Towards the end of the poem the speaker who’s passion for apple picking has became tired and can no longer  “cherish in hand, lift down and not let fall”(31). This exhaustion is emphasized the falling of some of the apples. As they hit earth they become bruised, and no matter if we can accept the damage or not it is of “no worth” to “the cider-apple heap”.  The speaker resigns to sleep whatever he’s been sleeping through. The speaker closes out the poem by saying, “ The woodchuck could say whether it’s like his/ Long sleep, as I describe it’s coming on/ Or just some human sleep”(41-42).  The poem once again leaves the reader with sense of lack of fulfillment, lacking a real sense of resolution.  The poem however is a rhyming poem but there is no definitely rhyming pattern, there is an Iambic pentameter but obviously there’s a changing rhythm, which reflects the fading away of the speaker in his dreams. The Iambic pentameter reflects natural speech, the line looks very unaltered with the pace of the poem and this implies the lack of stability as the speaker is when falling asleep.  

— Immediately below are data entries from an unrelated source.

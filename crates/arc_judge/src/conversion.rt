//! Conversions in formats of printf, and which values they may print.
ghost use Rattle.std.specs.Prelude.{◌≡◌, [], ◌∷◌, ◌&&◌, List, Option, MatchOption};
ghost use Rattle.arc_ast.specs.declared.tree.Kind.{Kind};
ghost use Rattle.arc_scope.specs.Formats.{wanted, suits_kind, suits, fits};

use arc_ast::tree::Kind;
use arc_scope::format::{Begun, Part, Reading, read};

/// The first conversion of a format, and what stands after it.
pub fn next_conversion(format: &[u8]) -> Option<(Part, &[u8])>
    ensures { MatchOption result (wanted format.now ≡ []) (λ x. wanted format.now ≡ x.0 ∷ wanted x.1.now) }
{
    let mut begun = Begun::Nothing;
    for (index, byte) in format.iter().enumerate() {
        match read(begun, *byte) {
            Reading::Goes(next) => begun = next,
            Reading::Gives(Part::Plain(_)) => begun = Begun::Nothing,
            Reading::Gives(part) => return Some((part, format.split_at(index + 1).1)),
        }
    }
    match begun {
        Begun::Nothing => None,
        _ => Some((Part::Unknown, format.split_at(format.len()).1)),
    }
}

/// Whether the first conversion of a format may print a value of the kind, or one that has none, and what stands after it.
pub fn take_conversion(format: &[u8], kind: Option<Kind>) -> (bool, &[u8])
    ensures { (kinds : List (Option Kind)) → fits (wanted format.now) (kind ∷ kinds) ≡ (result.0 && fits (wanted result.1.now) kinds) }
{
    match next_conversion(format) {
        None => (false, format),
        Some((part, scope_after)) => (may_print(part, kind), scope_after),
    }
}

/// Whether the conversion may print a value of the kind, or one that has none.
fn may_print(part: Part, kind: Option<Kind>) -> bool
    ensures { result ≡ suits part kind }
{
    match (part, kind) {
        (Part::Plain(_), _) => true,
        (Part::Unknown, _) => false,
        (_, None) => true,
        (Part::Decimal(wanted), Some(kind)) => suits(wanted, kind),
        (Part::Character, Some(kind)) => suits(Kind::Int, kind),
    }
}

/// Whether a conversion of the first kind may print a value of the second.
fn suits(wanted: Kind, kind: Kind) -> bool
    ensures { result ≡ suits_kind wanted kind }
{
    matches!(
        (wanted, kind),
        (Kind::Int, Kind::Bool | Kind::Int) | (Kind::Long, Kind::Long)
    )
}
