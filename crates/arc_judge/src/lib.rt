//! Finds the first rule that is broken in the functions and the methods of a source.
#![tactic(auto)]

mod body;
mod conversion;
mod field;
mod global;
mod judge;
mod method;
mod rule;
mod taken;
pub mod unit;
mod whole;
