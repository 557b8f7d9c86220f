//! The rules that expressions break, from the judgements on their parts.
ghost use Rattle.std.specs.Prelude.{◌≡◌, option_map};
ghost use Rattle.arc_ast.specs.Tree as tree;
ghost use Rattle.arc_ast.specs.Tree.{expr_tree};
ghost use Rattle.arc_class.specs.BrokenRules.{first};
ghost use Rattle.arc_class.specs.declared.table.ClassTable.{ClassTable};
ghost use Rattle.arc_judge.specs.Fault.{reported};
ghost use Rattle.arc_judge.specs.Rules as rules;
ghost use Rattle.arc_judge.specs.Rules.{is_updatable, no_right, number_kind, unary_kind, unmet};
ghost use Rattle.arc_scope.specs.Views.{seen};
ghost use Rattle.arc_judge.specs.Rules.{ANumber, AValue, AnObject, left_need, operand_need};
ghost use Rattle.arc_judge.specs.private.ExpressionJudgements.{broken_at, other_rule};

use arc_ast::tree::{Expr, Kind, Moment, OperatorSort, UnaryOperator};
use arc_fault::check::CheckFault;
use arc_scope::callee::Callee;
use arc_scope::kind::{is_object, wider};
use arc_scope::message::itself_in;
use arc_scope::scope::Visible;

/// The place at which an expression that breaks a rule is reported: an assignment's operator, a field's name, a message's first selector part, and else
/// the first byte.
pub fn place(expr: &Expr) -> usize
    ensures { result ≡ tree.place (expr_tree expr.now) }
{
    match expr {
        Expr::Integer(at, _, _)
        | Expr::Text(at, _)
        | Expr::Paren(at, _)
        | Expr::Call(at, _, _)
        | Expr::Nil(at)
        | Expr::Itself(at)
        | Expr::Name(at, _)
        | Expr::Unary(at, _, _)
        | Expr::Cast(at, _, _)
        | Expr::Binary(at, _, _, _)
        | Expr::Conditional(at, _, _, _)
        | Expr::Arrow(_, at, _, _)
        | Expr::Assign(_, at, _, _)
        | Expr::Update(at, _, Moment::Before, _, _, _)
        | Expr::Update(_, at, Moment::After, _, _, _)
        | Expr::Send(_, at, _, _, _)
        | Expr::SendSuper(_, at, _, _, _) => *at,
    }
}

/// Whether an assignment's left side is a name, a field or `self`, parentheses aside.
pub fn is_assignable(expr: &Expr) -> bool
    ensures { result ≡ rules.is_assignable (expr_tree expr.now) }
{
    match expr {
        Expr::Paren(_, inside) => is_assignable(inside),
        Expr::Itself(_) | Expr::Name(_, _) | Expr::Arrow(_, _, _, _) => true,
        _ => false,
    }
}

/// Whether an update's left side, which is of a kind, is a variable or a field that holds a number; one without a kind breaks another rule, and `self`
/// of a class method is no variable.
pub fn is_updatable(visible: &Visible, expr: &Expr, kind: Option<Kind>) -> bool
    ensures { (table : ClassTable) → result ≡ is_updatable (seen table visible.now) (expr_tree expr.now) kind }
{
    is_assignable(expr) && itself_in(visible, expr).is_none() && !is_object(kind)
}

/// The kind of one of two values.
pub fn either_kind(a: Option<Kind>, b: Option<Kind>) -> Option<Kind>
    ensures { result ≡ rules.either_kind a b }
{
    if is_object(a) && is_object(b) {
        Some(Kind::Object)
    } else {
        both_kinds(number_kind(a), number_kind(b))
    }
}

/// The kind in which an operator computes with an operand.
pub fn number_kind(kind: Option<Kind>) -> Option<Kind>
    ensures { result ≡ number_kind kind }
{
    match kind {
        Some(Kind::Bool | Kind::Int) => Some(Kind::Int),
        Some(Kind::Long) => Some(Kind::Long),
        _ => None,
    }
}

/// The wider kind of two operands.
fn both_kinds(a: Option<Kind>, b: Option<Kind>) -> Option<Kind>
    ensures { result ≡ rules.both_kinds a b }
{
    match (a, b) {
        (Some(a), Some(b)) => Some(wider(a, b)),
        _ => None,
    }
}

/// The kind of an expression with an operator before its operand, from the operand's.
pub fn unary_kind(operator: UnaryOperator, kind: Option<Kind>) -> Option<Kind>
    ensures { result ≡ unary_kind operator kind }
{
    match operator {
        UnaryOperator::Not => Some(Kind::Int),
        UnaryOperator::Plus | UnaryOperator::Negate | UnaryOperator::Complement => {
            number_kind(kind)
        }
    }
}

/// The kind of an expression with an operator of the sort, from those of its operands.
pub fn binary_kind(sort: OperatorSort, a: Option<Kind>, b: Option<Kind>) -> Option<Kind>
    ensures { result ≡ rules.binary_kind sort a b }
{
    match sort {
        OperatorSort::Arithmetic => both_kinds(number_kind(a), number_kind(b)),
        OperatorSort::Shift => number_kind(a),
        OperatorSort::Relation | OperatorSort::Equality | OperatorSort::Logic => Some(Kind::Int),
    }
}

/// The rule that an expression of the kind breaks where a value is needed.
pub fn no_value(kind: Option<Kind>, at: usize) -> Option<CheckFault>
    ensures { option_map reported result ≡ first (unmet AValue kind at) }
{
    match kind {
        Some(Kind::Void) => Some(CheckFault::KindMismatch(at)),
        _ => None,
    }
}

/// The rule that an expression of the kind breaks where a number is needed.
pub fn no_number(kind: Option<Kind>, at: usize) -> Option<CheckFault>
    ensures { option_map reported result ≡ first (unmet ANumber kind at) }
{
    match kind {
        Some(Kind::Void) | Some(Kind::Object) => Some(CheckFault::KindMismatch(at)),
        _ => None,
    }
}

/// The rule that an expression of the kind breaks where an object is needed.
pub fn no_object(kind: Option<Kind>, at: usize) -> Option<CheckFault>
    ensures { option_map reported result ≡ first (unmet AnObject kind at) }
{
    match kind {
        None | Some(Kind::Object) => None,
        Some(_) => Some(CheckFault::KindMismatch(at)),
    }
}

/// The rule that an expression of a kind breaks which is assigned to what holds the wanted one, or cast to it.
pub fn no_such(wanted: Option<Kind>, given: Option<Kind>, at: usize) -> Option<CheckFault>
    ensures { option_map reported result ≡ first (rules.no_such wanted given at) }
{
    match wanted {
        None => None,
        Some(Kind::Object) => no_object(given, at),
        Some(_) => no_number(given, at),
    }
}

/// The rule that an operand of the kind breaks which has an operator before it.
pub fn no_operand(operator: UnaryOperator, kind: Option<Kind>, at: usize) -> Option<CheckFault>
    ensures { option_map reported result ≡ first (unmet (operand_need operator) kind at) }
{
    match operator {
        UnaryOperator::Not => no_value(kind, at),
        UnaryOperator::Plus | UnaryOperator::Negate | UnaryOperator::Complement => {
            no_number(kind, at)
        }
    }
}

/// The rule that a left operand of the kind breaks.
pub fn no_left(sort: OperatorSort, kind: Option<Kind>, at: usize) -> Option<CheckFault>
    ensures { option_map reported result ≡ first (unmet (left_need sort) kind at) }
{
    match sort {
        OperatorSort::Equality | OperatorSort::Logic => no_value(kind, at),
        OperatorSort::Arithmetic | OperatorSort::Shift | OperatorSort::Relation => {
            no_number(kind, at)
        }
    }
}

/// The rule that the second of two things breaks, of these kinds, that are compared.
pub fn no_other(left: Option<Kind>, right: Option<Kind>, at: usize) -> Option<CheckFault>
    ensures { option_map reported result ≡ first (no_right OperatorSort.Equality left right at) }
{
    match (left, right) {
        (Some(Kind::Object), Some(Kind::Object)) => None,
        (Some(Kind::Object), Some(_)) => Some(CheckFault::KindMismatch(at)),
        _ => no_number(right, at),
    }
}

/// The rule that a right operand breaks, from the kinds of both.
pub fn no_right(
    sort: OperatorSort,
    left: Option<Kind>,
    right: Option<Kind>,
    at: usize,
) -> Option<CheckFault>
    ensures { option_map reported result ≡ first (no_right sort left right at) }
{
    match sort {
        OperatorSort::Equality => no_other(left, right, at),
        OperatorSort::Logic => no_value(right, at),
        OperatorSort::Arithmetic | OperatorSort::Shift | OperatorSort::Relation => {
            no_number(right, at)
        }
    }
}

/// The rule that a call of a function other than printf breaks at its name.
pub fn call_fault(callee: Callee, at: usize, count: usize) -> Option<CheckFault>
    ensures { option_map reported result ≡ first (broken_at at (other_rule callee count)) }
{
    let wanted = match callee {
        Callee::Unknown => return Some(CheckFault::UnknownName(at)),
        Callee::Defined(_, wanted, _) => wanted,
        Callee::Printf | Callee::GetChar => 0,
    };
    if count == wanted {
        None
    } else {
        Some(CheckFault::ArgumentCount(at))
    }
}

Although there is a feeling of incompletion that the poem gives off, it is clear that the speaker in the Poem “After Apple-Picking” by Roberts Frost’s had just one regret in his life.  The somber mood of the poem is a crucial foundation for laying down what is the base of the speaker’s dreams.  These dreams represent the type of person this speaker is. A person who’s profession has led him to endlessly work for the perfect harvest which can represent for readers their ultimate goal in life. An Iambic pentameter reflects the speaker’s true voice and the exhaustion he feels. Though his goal was not reached, as he wanted to he lived his life trying and he loved what he did.  Frost is trying to demonstrate sense of urgency to all readers. He is saying that time is limited and that we must go after what we believe will truly make us happy. Even if it’s just something as simple as apple picking.